Han pasado ya más de dos siglos de la llegada de la industrialización y en el mundo se sigue librando la batalla para erradicar el trabajo infantil, que se enraiza, multiplica y exacerba cada vez más. Según la Organización Internacional del Trabajo (OIT) más de 400 millones de niños (de entre cinco y catorce años de edad) alrededor del mundo trabajan, y más o menos la mitad lo hace a tiempo completo, jornadas extenuantes. Este fenómeno sin duda presenta distintas perspectivas, algunas incluso contradictorias. Para empezar habría que distinguir entre trabajo infantil  y niños que trabajan. Este último se refiere a una actividad que los niños desarrollan bajo la supervisión de sus padres y a la par de sus estudios escolares (lo referido arriba), en tanto que el primero hace alusión a un asunto de explotación: se le arrebata al niño toda posibilidad de desarrollo personal y académico por obligarlo a trabajar en condiciones peligrosas, insalubres e inhumanas.

Una arista que entraña la migración de los niños, tema tan sonado por estos días, y que no se ha señalado aún, es el trabajo infantil, o explotación infantil, como algunos especialistas lo llaman, porque de eso se trata en el fondo, de un tipo de explotación permitida en pleno siglo XXI. ¿Dónde y cómo son empleados esos miles de niños que llegan a países en los que por circunstancias diversas no pueden reunirse con sus padres y son obligados a trabajar para poder comer? Se ejerce sobre ellos una moderna esclavitud que la Doctrina Social de la Iglesia llama del siguiente modo: “El trabajo infantil y de menores, en sus formas intolerables, constituye un tipo de violencia menos visible, mas no por ello menos terrible” (n. 296). Una violencia terrible a ojos vista y de la que se hace caso omiso.

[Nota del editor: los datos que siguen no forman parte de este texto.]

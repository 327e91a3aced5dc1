//! Entries in order, and how they are found and changed.

ghost use Rattle.std.specs.Prelude.{◌≡◌, ◌≤◌};
ghost use Rattle.uuid_index.specs.declared.entry.Entry.{Entry};
ghost use Rattle.uuid_index.specs.Entries.{IsOrdered, IsPlace, IsStart, has_at};
ghost use Rattle.uuid_index.specs.Found.{IsFound};

use crate::entry::Entry;
use std::alloc::AllocError;
use std::marker::Model;

/// How many live labels of a module have a uuid, and the slot of the only one.
#[derive(Clone, Copy, Debug, PartialEq, Eq)]
pub enum Found {
    Nowhere,
    Once { slot: u32 },
    /// Two or more.
    Repeated,
}

/// The entries of live labels in order.
#[derive(Debug, Drop)]
pub struct Index {
    entries: Vec<Entry>,
}

impl Model for Index {
    ghost use Rattle.uuid_index.specs.Contents.{Contents, contents_of};
    ghost use Rattle.uuid_index.specs.Entries.{IsOrdered};

    ghost Value = { Contents };

    ghost view = { λ index. contents_of index.entries };

    ghost invariant = { λ index. IsOrdered index.entries.items };
}

impl Index {
    ghost use Rattle.std.specs.Prelude.{◌+◌, ◌<◌, ◌↔◌, ◌∷◌, IsOk, IsTrue, OnOk};
    ghost use Rattle.std.specs.Bool.{OnFalse, OnTrue};
    ghost use Rattle.std.specs.List.{Contains};
    ghost use Rattle.std.specs.List.Sorted.{IsPermutation};
    ghost use Rattle.uuid_index.specs.Contents.{contents_of};
    ghost use Rattle.uuid_index.specs.Labels.{FollowsGain, FollowsLoss, IsFoundInLabels, IsIndexOfGiven};

    /// The index of these entries. It takes no memory.
    pub fn of(mut entries: Vec<Entry>) -> Index
        ensures entries { IsPermutation entries.items result.entries }
        ensures room { result.room ≡ (contents_of entries).room }
        ensures labels { IsIndexOfGiven entries.items result.entries }
    {
        entries.sort_unstable();
        Index { entries }
    }

    /// How many live labels with this uuid the module at a position has, and the slot of the only one.
    pub fn find(&self, uuid: &[u8; 16], position: usize) -> Found
        ensures found { IsFound uuid.now position self.now.entries result }
        ensures labels { IsFoundInLabels uuid.now position self.now.entries result }
    {
        found_in(&self.entries, uuid, position)
    }

    /// The entries, in their order.
    pub fn entries(&self) -> &[Entry]
        ensures entries { result.now ≡ self.now.entries }
        ensures ordered { IsOrdered self.now.entries }
    {
        &self.entries
    }

    /// How many more entries can be inserted before memory has to be reserved.
    pub fn room(&self) -> usize
        ensures { result ≡ self.now.room }
    {
        self.entries.capacity() - self.entries.len()
    }

    /// Makes room for so many more entries. It takes no memory where the index has that room. After a refusal of
    /// memory the index is as before.
    pub fn reserve(&mut self, additional: usize) -> Result<(), AllocError>
        ensures entries { self.new.entries ≡ self.old.entries }
        ensures room { self.old.room ≤ self.new.room }
        ensures ok { OnOk result (additional ≤ self.new.room) }
        ensures in_room { additional ≤ self.old.room → IsOk result }
    {
        self.entries.reserve(additional)
    }

    /// Inserts the entry of a label that the module at its position now has. It takes no memory.
    pub fn insert(&mut self, entry: Entry)
        requires { 0 < self.old.room }
        ensures entries { IsPermutation (entry ∷ self.old.entries) self.new.entries }
        ensures room { self.new.room + 1 ≡ self.old.room }
        ensures labels { FollowsGain entry self.old.entries self.new.entries }
    {
        let at = place_of(&self.entries, &entry);
        let _ = self.entries.insert(at, entry);
    }

    /// Removes the entry of a label that the module at its position no longer has, and tells whether it was there. It
    /// takes no memory.
    pub fn remove(&mut self, entry: &Entry) -> bool
        ensures there { IsTrue result ↔ Contains self.old.entries entry.now }
        ensures removed { OnTrue result (IsPermutation self.old.entries (entry.now ∷ self.new.entries)) }
        ensures unchanged { OnFalse result (self.new ≡ self.old) }
        ensures room { OnTrue result (self.new.room ≡ self.old.room + 1) }
        ensures labels { FollowsLoss entry.now self.old.entries self.new.entries }
    {
        match self.entries.binary_search(entry) {
            Ok(at) => {
                self.entries.remove(at);
                true
            }
            Err(_) => false,
        }
    }
}

/// How many entries are of this uuid at this position, and the slot of the only one.
fn found_in(entries: &[Entry], uuid: &[u8; 16], position: usize) -> Found
    requires { IsOrdered entries.now }
    ensures { IsFound uuid.now position entries.now result }
{
    let at = start_of(entries, uuid, position);
    if !has_at(entries, at, uuid, position) {
        return Found::Nowhere;
    }
    if has_at(entries, at + 1, uuid, position) {
        return Found::Repeated;
    }
    Found::Once {
        slot: entries[at].slot,
    }
}

/// The place of the first entry that does not stand before those of this uuid at this position.
fn start_of(entries: &[Entry], uuid: &[u8; 16], position: usize) -> usize
    requires { IsOrdered entries.now }
    ensures { IsStart uuid.now position entries.now result }
{
    entries.partition_point(|entry| entry.is_before(uuid, position))
}

/// Whether the entry at a place is of this uuid at this position.
fn has_at(entries: &[Entry], at: usize, uuid: &[u8; 16], position: usize) -> bool
    ensures { result ≡ has_at uuid.now position entries.now at }
{
    entries
        .get(at)
        .is_some_and(|entry| entry.is_of(uuid, position))
}

/// A place where an entry can go in.
fn place_of(entries: &[Entry], entry: &Entry) -> usize
    requires { IsOrdered entries.now }
    ensures { IsPlace entry.now entries.now result }
{
    match entries.binary_search(entry) {
        Ok(at) => at,
        Err(at) => at,
    }
}
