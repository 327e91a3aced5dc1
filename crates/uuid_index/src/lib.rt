//! The live labels of a region's modules, found by their uuids.
#![tactic(auto)]

mod entry;
mod index;

pub use entry::Entry;
pub use index::{Found, Index};
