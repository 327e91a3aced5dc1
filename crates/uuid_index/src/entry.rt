//! The entry of a live label, and the order of entries.

use label_codec::Label;

/// A live label: its uuid, the position of its module in the region, and its slot there. Entries are in the order of
/// their uuids, then of their positions, then of their slots.
#[derive(Clone, Copy, Debug, PartialEq, Eq, PartialOrd, Ord)]
pub struct Entry {
    /// The uuid of the namespace, in the order in which its bytes stand.
    pub uuid: [u8; 16],
    /// The position of the module among those of the region, from 0. The label's own position may be another.
    pub position: usize,
    /// The slot of the module's label storage area, from 0.
    pub slot: u32,
}

impl Entry {
    ghost use Rattle.std.specs.Prelude.{◌≡◌};
    ghost use Rattle.std.specs.Ordering.{is_lt};
    ghost use Rattle.uuid_index.specs.Entries.{cmp_to, entry_of, is_of};

    /// The entry of a label in a slot of the module at a position.
    pub fn of(label: &Label, position: usize, slot: u32) -> Entry
        ensures { result ≡ entry_of label.now position slot }
    {
        Entry {
            uuid: label.uuid,
            position,
            slot,
        }
    }

    /// The label has this uuid, and its module this position.
    pub(crate) fn is_of(&self, uuid: &[u8; 16], position: usize) -> bool
        ensures { result ≡ is_of uuid.now position self.now }
    {
        self.uuid == *uuid && self.position == position
    }

    /// The entry stands before those of this uuid at this position.
    pub(crate) fn is_before(&self, uuid: &[u8; 16], position: usize) -> bool
        ensures { result ≡ is_lt (cmp_to uuid.now position self.now) }
    {
        self.uuid
            .cmp(uuid)
            .then(self.position.cmp(&position))
            .is_lt()
    }
}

“Una violencia que más allá de todas las implicaciones políticas, económicas y jurídicas, sigue siendo esencialmente un problema moral”, subraya la Doctrina Social. Más de doscientos años y el trabajo infantil sigue estando presente, porque lo sabemos y “ausente”, porque los gobiernos e instituciones se hacen de la vista gorda. Pero, no por ello, menos terrible. El Papa León XIII ya lo había advertido: “En cuanto a los niños se ha de evitar cuidadosamente y sobre todo que entren en talleres antes de que la edad haya dado el suficiente desarrollo a su cuerpo a su inteligencia y a su alma. Puesto que la actividad precoz agosta, como a las hierbas tiernas, las fuerzas que brotan de la infancia, con lo que la constitución de la niñez vendría a destruirse por completo”. A destruirse por completo.